İktisat biliminin amacı, sınırlı kaynakları verimli kullanarak toplumun gereksinim duyduğu mal ve hizmetlerin etkin sosyal maliyetle üretilmesiyle toplumun refahının artırılmasıdır. Önemli olan ilk aşama, mal ve hizmetlerin üretilmesi, gelirin yaratılmasıdır. Kamu, özel tüketim, yatırım, ihracatın nasıl kullanılacağı, gelirin üretim faktörleri arasında kâr, faiz, ücret, kira (rant), olarak nasıl bölüşüleceği, birbirini izleyen aşamalardır. Üretim yapmadan, kullanımı, bölüşümü tartışmak, bir Laz fıkrasını anımsatır: Hani bir grup arkadaş, denizde define aramak için taka ile açılmış. Takanın dönüşünde eksiklerin yanı sıra yara bereliler vardır.
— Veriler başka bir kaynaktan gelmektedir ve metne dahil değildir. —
//! The sections of a Cyber RT record: what a whole record is made of, and how each is read. As
//! bytes, each is written at the end of a [`Piece`].
//!
//! `specs/Rows` has the messages that hold numbers alone, a row a field, `specs/Section` the bytes
//! of each section, `specs/Chunks` where a chunk ends, `specs/RecordText` the bytes of a record.
//! `specs/Head` and `specs/Reading` have what is read: a head, and the value of a body, or the
//! first fault with its place, which `specs/FaultText` tells. `specs/Puts` says what a written
//! header leaves.
#![tactic(auto)]

mod body;
mod entries;
mod error;
mod head;
mod head_bytes;
mod index;
mod message;
mod piece;
mod put;
mod read;
mod types;

pub use body::{MessageReader, MessageView, read_chunk_body};
pub use entries::read_index;
pub use error::SectionError;
pub use head::{HEAD_SIZE, HEADER_SIZE, read_head};
pub use head_bytes::{put_head, set_head};
pub use index::put_index;
pub use message::{message_size, put_chunk_body, put_message};
pub use piece::Piece;
pub use put::{put_channel, put_chunk_header, put_header};
pub use read::{read_channel, read_chunk_header, read_header};
pub use types::{
    BodyMessage, Channel, ChannelCache, ChunkBody, ChunkBodyCache, ChunkHeader, ChunkHeaderCache,
    Head, Header, Index, IndexEntry, SectionKind,
};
Çevrenin, "Ne oldu" sorusuna, "Define bakmak için açıldık" derler. "Peki buldunuz mu" sorusuna ise "Mesela yani" diye cevap verirler. Aslında Laz fıkraları Nasreddin Hoca fıkraları gibi öğretici, düşündürücüdür. Geliri yaratmadan, kullanmayı, bölüşmeyi tartışmak abestir.

Öncelikle üretim, üretimde etkinlik, maliyet minimizasyonu sağlama yönetim sorunudur. Bu bağlamda el kitaplarına girmiş bazı maliyet düşürücü önlemler:

Ölçek ekonomilerinden yararlanma:

Üretimde ölçek, kapasite büyüdükçe, makine-teçhizatın daha etkin kullanımı, üretim faktörleri arasında uyumun artması, ürün maliyeti içinde sabit gider payının, hatta bazı endüstrilerde değişken gider payının azalması nedeniyle maliyet azalışı sağlanır. Ancak ölçek ekonomilerinden yararlanmanın sınırı vardır. Bu sınır aşıldığında verim azalışı, negatif ekonomiler oluşmaya başlar. En uygun, elverişli (optimum) üretim ölçeğinin belirlenmesi, maliyet minimizasyonunda etkendir.